Cheap Chinese Streaming Service: Why You Should Watch Out

In response to my article on Rabbit TV, a reader wrote:  “This is a great post. There are a lot of sites where you can watch the next day and it can be watched later without TiVo. One site is viptv.net you nave to fund your account but for $29.00 a month you have unlimited viewing and there are more at this site than many others. The only draw back is it is best to use Pay Pal because it is in China. You can get an account and fund it one time for $10.00 and use it to watch a lot of free shows.We buy a lot of things from China already and it is a shame we can not have something like this over here in the U.S. but Hollywood could not get rich.”

vip-tv-screenshot

I’m about to hop up on my soapbox here and also give you some advice that can save you money and possibly getting your information stolen.

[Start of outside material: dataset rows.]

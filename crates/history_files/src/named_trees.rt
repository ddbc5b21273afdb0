//! What trees have under the names of some paths (`NamedTrees`): each tree is read once.

ghost use Rattle.std.specs.Prelude.{◌≡◌, Contains, IfErr, IfOk, IsErrOf, List, OnOk, Option, bytes_eq, map, option_map};
ghost use Rattle.std.specs.Borrow.{Bor};
ghost use Rattle.gix_hash.specs.Id.{Id, id_of};
ghost use Rattle.gix_object_lookup.specs.Table.{Table};
ghost use Rattle.history_model.specs.Bytes.{Bytes};
ghost use Rattle.history_model.specs.Objects.{entry_at};
ghost use Rattle.history_files.specs.NamedTrees.{AreAnswers, AreAt, AreNamed, CanFollow, CanFollowEach, HasNamed, IsNext, OfRoot, TellsNames, at_name, found_or_none, or_found, texts};
ghost use Rattle.history_files.specs.Reading.{OfFiles, OwnFault, entry_of};
ghost use Rattle.history_files.specs.declared.error.ReadError.TheVariants.{Failed};
ghost use Rattle.history_files.specs.declared.found.Found.TheVariants.{Folder};

use crate::error::ReadError;
use crate::found::Found;
use crate::found_each::entries_at;
use crate::paths::names_of;
use gix_hash::ObjectId;
use gix_object_lookup::FindInto;
use gix_traverse_tree::EntriesState;
use std::alloc::{AllocError, Global};
use std::collections::BTreeMap;

// What a tree has under some names: nothing under those that are left out.
type Named<'a> = BTreeMap<&'a [u8], Found>;

// Names, and what each tree that was read has under them.
#[derive(Drop)]
struct Answers<'a> {
    names: Vec<&'a [u8]>,
    named: BTreeMap<ObjectId, Named<'a>>,
    state: EntriesState,
}

/// Some paths, and what each tree that was read has under their names.
#[derive(Drop)]
pub struct NamedTrees<'a> {
    paths: Vec<Vec<&'a [u8]>>,
    answers: Answers<'a>,
}

impl<'a> NamedTrees<'a> {
    /// Returns these paths, and no tree.
    pub fn new(alloc: Global, paths: &[&'a [u8]]) -> Result<NamedTrees<'a>, AllocError>
        ensures { (table : Table) → IfOk result (AreNamed table paths.now) }
    {
        let mut split = Vec::new(alloc);
        let mut names = Vec::new(alloc);
        for path in paths {
            let parts = names_of(alloc, path)?;
            names.extend_from_slice(parts.as_slice())?;
            split.push(parts)?;
        }
        Ok(NamedTrees {
            paths: split,
            answers: Answers {
                names,
                named: BTreeMap::new(alloc),
                state: EntriesState::new(alloc),
            },
        })
    }
}

/// Returns what is at each of the paths of a root's files, in order: a file, a folder, or nothing.
/// The root is the id of a tree. Each tree on the paths is looked up only if it wasn't before, here
/// or below another root.
///
/// Returns `Failed` if a lookup failed; `Broken` with the id of a tree on the paths if it is
/// missing or can't be read; and `Memory` if no memory is left.
pub fn entries_at_once<S: FindInto>(
    alloc: Global,
    store: &S,
    root: &ObjectId,
    trees: &mut NamedTrees<'_>,
) -> Result<Vec<Option<Found>>, ReadError>
    ensures found { (paths : List (Bor Bytes)) → AreNamed (S.table store.now) paths trees.old
        → OfFiles (S.is_honest store.now) (S.table store.now) (id_of root.now) (λ kind files.
        IfOk result (λ found. map (option_map entry_of) found.items
        ≡ map (λ path. entry_at kind files path.now) paths)) }
    ensures refused { (paths : List (Bor Bytes)) → AreNamed (S.table store.now) paths trees.old
        → OfFiles (S.is_honest store.now) (S.table store.now) (id_of root.now) (λ kind files.
        IfErr result (OwnFault (S.may_fail store.now))) }
    ensures failed { IsErrOf result Failed → S.may_fail store.now }
    ensures kept { S.is_honest store.now → (paths : List (Bor Bytes))
        → AreNamed (S.table store.now) paths trees.old
        → OnOk result (AreNamed (S.table store.now) paths trees.new) }
{
    trees
        .answers
        .follow_each(alloc, store, root, trees.paths.as_slice())
}

impl<'a> Answers<'a> {
    // Returns what is at each of some paths of a root's files, by their names.
    fn follow_each<S: FindInto>(
        &mut self,
        alloc: Global,
        store: &S,
        root: &ObjectId,
        paths: &[Vec<&[u8]>],
    ) -> Result<Vec<Option<Found>>, ReadError>
        ensures found { (given : List (Bor Bytes))
            → CanFollowEach (S.table store.now) given paths.now self.old
            → OfFiles (S.is_honest store.now) (S.table store.now) (id_of root.now) (λ kind files.
            IfOk result (λ found. map (option_map entry_of) found.items
            ≡ map (λ path. entry_at kind files path.now) given)) }
        ensures refused { (given : List (Bor Bytes))
            → CanFollowEach (S.table store.now) given paths.now self.old
            → OfFiles (S.is_honest store.now) (S.table store.now) (id_of root.now) (λ kind files.
            IfErr result (OwnFault (S.may_fail store.now))) }
        ensures failed { IsErrOf result Failed → S.may_fail store.now }
        ensures kept { S.is_honest store.now → AreAnswers (S.table store.now) self.old
            → OnOk result (AreAnswers (S.table store.now) self.new) }
        ensures names { self.new.names.items ≡ self.old.names.items }
    {
        let mut found = Vec::new(alloc);
        for path in paths {
            let there = self.follow(alloc, store, root, path.as_slice())?;
            found.push(there)?;
        }
        Ok(found)
    }

    // Returns what is at a path of a root's files, by its names.
    fn follow<S: FindInto>(
        &mut self,
        alloc: Global,
        store: &S,
        root: &ObjectId,
        path: &[&[u8]],
    ) -> Result<Option<Found>, ReadError>
        ensures found { (text : Bytes) → CanFollow (S.table store.now) self.old path.now text
            → OfFiles (S.is_honest store.now) (S.table store.now) (id_of root.now) (λ kind files.
            IfOk result (λ found. option_map entry_of found ≡ entry_at kind files text)) }
        ensures refused { (text : Bytes) → CanFollow (S.table store.now) self.old path.now text
            → OfFiles (S.is_honest store.now) (S.table store.now) (id_of root.now) (λ kind files.
            IfErr result (OwnFault (S.may_fail store.now))) }
        ensures failed { IsErrOf result Failed → S.may_fail store.now }
        ensures kept { S.is_honest store.now → AreAnswers (S.table store.now) self.old
            → OnOk result (AreAnswers (S.table store.now) self.new) }
        ensures names { self.new.names.items ≡ self.old.names.items }
    {
        let mut found = Found::Folder { id: *root };
        for name in path {
            match self.below(alloc, store, found, name)? {
                Some(next) => found = next,
                None => return Ok(None),
            }
        }
        Ok(Some(found))
    }

    // Returns what has this name in what was found: nothing, if that is a file.
    fn below<S: FindInto>(
        &mut self,
        alloc: Global,
        store: &S,
        found: Found,
        name: &[u8],
    ) -> Result<Option<Found>, ReadError>
        ensures found { S.is_honest store.now → AreAnswers (S.table store.now) self.old
            → Contains (texts self.old.names.items) name.now
            → IfOk result (λ next. IsNext (S.table store.now) found name.now next) }
        ensures refused { IfErr result (λ error. (tree : ObjectId) × (found ≡ Folder tree)
            × OfFiles (S.is_honest store.now) (S.table store.now) (id_of tree) (λ kind files.
            OwnFault (S.may_fail store.now) error)) }
        ensures failed { IsErrOf result Failed → S.may_fail store.now }
        ensures kept { S.is_honest store.now → AreAnswers (S.table store.now) self.old
            → OnOk result (AreAnswers (S.table store.now) self.new) }
        ensures names { self.new.names.items ≡ self.old.names.items }
    {
        match found {
            Found::File { .. } => Ok(None),
            Found::Folder { id } => self.named_in(alloc, store, &id, name),
        }
    }

    // Returns what has this name in the tree of this id, which is read if it wasn't.
    fn named_in<S: FindInto>(
        &mut self,
        alloc: Global,
        store: &S,
        tree: &ObjectId,
        name: &[u8],
    ) -> Result<Option<Found>, ReadError>
        ensures found { S.is_honest store.now → AreAnswers (S.table store.now) self.old
            → Contains (texts self.old.names.items) name.now
            → OfRoot (S.table store.now) (id_of tree.now) (λ kind files.
            IfOk result (λ found. option_map entry_of found ≡ entry_at kind files name.now)) }
        ensures refused { OfFiles (S.is_honest store.now) (S.table store.now) (id_of tree.now)
            (λ kind files. IfErr result (OwnFault (S.may_fail store.now))) }
        ensures failed { IsErrOf result Failed → S.may_fail store.now }
        ensures kept { S.is_honest store.now → AreAnswers (S.table store.now) self.old
            → OnOk result (AreAnswers (S.table store.now) self.new) }
        ensures names { self.new.names.items ≡ self.old.names.items }
    {
        if let Some(named) = self.named.get(tree) {
            return Ok(found_by(named, name));
        }
        let named = read_names(alloc, store, tree, self.names.as_slice(), &mut self.state)?;
        let found = found_by(&named, name);
        self.named.insert(*tree, named)?;
        Ok(found)
    }
}

// Returns what a tree has under a name.
fn found_by(named: &Named<'_>, name: &[u8]) -> Option<Found>
    ensures { result ≡ at_name named.now name.now }
{
    named.get(name).copied()
}

// Reads the tree of this id, and returns what it has under these names.
fn read_names<'a, S: FindInto>(
    alloc: Global,
    store: &S,
    tree: &ObjectId,
    names: &[&'a [u8]],
    state: &mut EntriesState,
) -> Result<Named<'a>, ReadError>
    ensures read { S.is_honest store.now
        → IfOk result (HasNamed (S.table store.now) names.now (id_of tree.now)) }
    ensures refused { OfFiles (S.is_honest store.now) (S.table store.now) (id_of tree.now)
        (λ kind files. IfErr result (OwnFault (S.may_fail store.now))) }
    ensures failed { IsErrOf result Failed → S.may_fail store.now }
{
    let found = entries_at(alloc, store, tree, names, state)?;
    Ok(by_names(alloc, names, found.as_slice())?)
}

// Returns what was found under each of some names, in their order.
fn by_names<'a>(
    alloc: Global,
    names: &[&'a [u8]],
    found: &[Option<Found>],
) -> Result<Named<'a>, AllocError>
    ensures { (at : Bytes → Option (Bytes × Id)) → AreAt at names.now found.now
        → IfOk result (TellsNames at names.now) }
{
    let mut named = BTreeMap::new(alloc);
    'names: for place in 0..names.len() {
        put(&mut named, names[place], found_in(found, place))?;
    }
    Ok(named)
}

// Adds what is under a name, if anything is.
fn put<'a>(named: &mut Named<'a>, name: &'a [u8], found: Option<Found>) -> Result<(), AllocError>
    ensures { OnOk result ((other : Bytes) → at_name named.new other
        ≡ or_found (bytes_eq name.now other) found (at_name named.old other)) }
{
    let Some(found) = found else {
        return Ok(());
    };
    named.insert(name, found)?;
    Ok(())
}

// Returns what was found at a place: nothing after the last.
fn found_in(found: &[Option<Found>], place: usize) -> Option<Found>
    ensures { result ≡ found_or_none found.now place }
{
    match found.get(place) {
        Some(there) => *there,
        None => None,
    }
}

VIP TV is illegally running programs. The service is stealing programs without paying for them. That means the people who worked hard to make them are not getting their proper royalties, and that the rest of us who are legally purchasing the programs are paying more to make up for the thieves. It’s exactly the same as shoplifting. As someone who has worked in the media for more than 25 years, it really burns me when companies think it’s okay to steal other people’s work and profit from it. If you wouldn’t put a DVD in your pocket without paying for it, you shouldn’t partake of pirated programs.

VIP TV argues that it simply a recording facility and is just recording programs for you. But that’s not a legal argument that would fly in the USA, which is why it is based in China.

So, should the lawful copyright holders of these pirated programs ever happen to get their hands on the names of users of VIP TV, those users may have to pay up for the media they consumed. What you paid to VIP TV doesn’t count. They aren’t paying the program providers.

You should also be concerned for the safety of your information. You’re dealing with thieves. They have no trouble stealing other people’s work, what makes you think they wouldn’t steal from you? Sites that feature pirated programs frequently download malware onto PCs. It’s actually one of the leading ways that Malware gets onto computers.

Frankly, I’d rather see the people who work hard in Hollywood creating programming getting rich or at least getting paid for what they make that a bunch of people in China who stole their work making cash off it.  And we do already have multiple service like this in the U.S., but the programming costs more because the providers are actually paying the people who make it.

I’ll step down off my soapbox now, but I will leave you with the warning that even if you don’t have moral issues with pirating programming, you might want to be concerned about your PC.

~ Cynthia

7 thoughts on “Cheap Chinese Streaming Service: Why You Should Watch Out

  1. Way to go Cynthia for telling it like it is. Though I suspect that your warning about maleware will have more effect than your moral argument about theft. Many in our society today simply don’t/won’t admit, even to themselves, that sealing from anyone is wrong but especially from so called big companies or rich people.

  2. Hey Cynthia,
    Please, don’t stray to far from your ‘soapbox’, this is an excellent forum for the latest; direct information. This ‘streaming service’ should, at least, be reported to…??? Guess FCC as no real central clearing house for ‘internet’ related complaints… maybe you have a recommendation?

  3. Thank you Cynthia for telling this tale. It sounds to me a lot like the troubles people have gotten into illegally downloading music and might fall under that same scenario. You really covered this, anyone giving their personal information including credit card data to an illegal operation running in China is just asking to have their identity stolen. This really IS like shoplifting plus violating the copyright laws.

  4. Keep getting the word out! My brother was checking into an online streaming service that showed new movies which were still playing in the theaters. Our cousin had bragged up the website. I told him, beyond the stealing aspect, that he was likely going to end up with viruses on his computer. It was NOT worth the risk. He said he never thought of it that way.

  5. All that said (and it’s true) we do need an alternative to expensive cable and satellite and let’s face it, the crappy signal that an outdoor antenna gets. CBS is part of Hulu, Unless you have a television provider (and if you do what is the point?) you cannot use network and cable “apps” unless you pay for each one. Again if you are paying then just get pay TV. By the time they get done nickel and dime-ing you to death you might as well just pay the cable bill. My dream would be to have an app that you could just turn on the channel you want to watch and watch it, commercials and all and I know this is a pipe dream but maybe a DVR so you don’t miss your show because you are watching something else.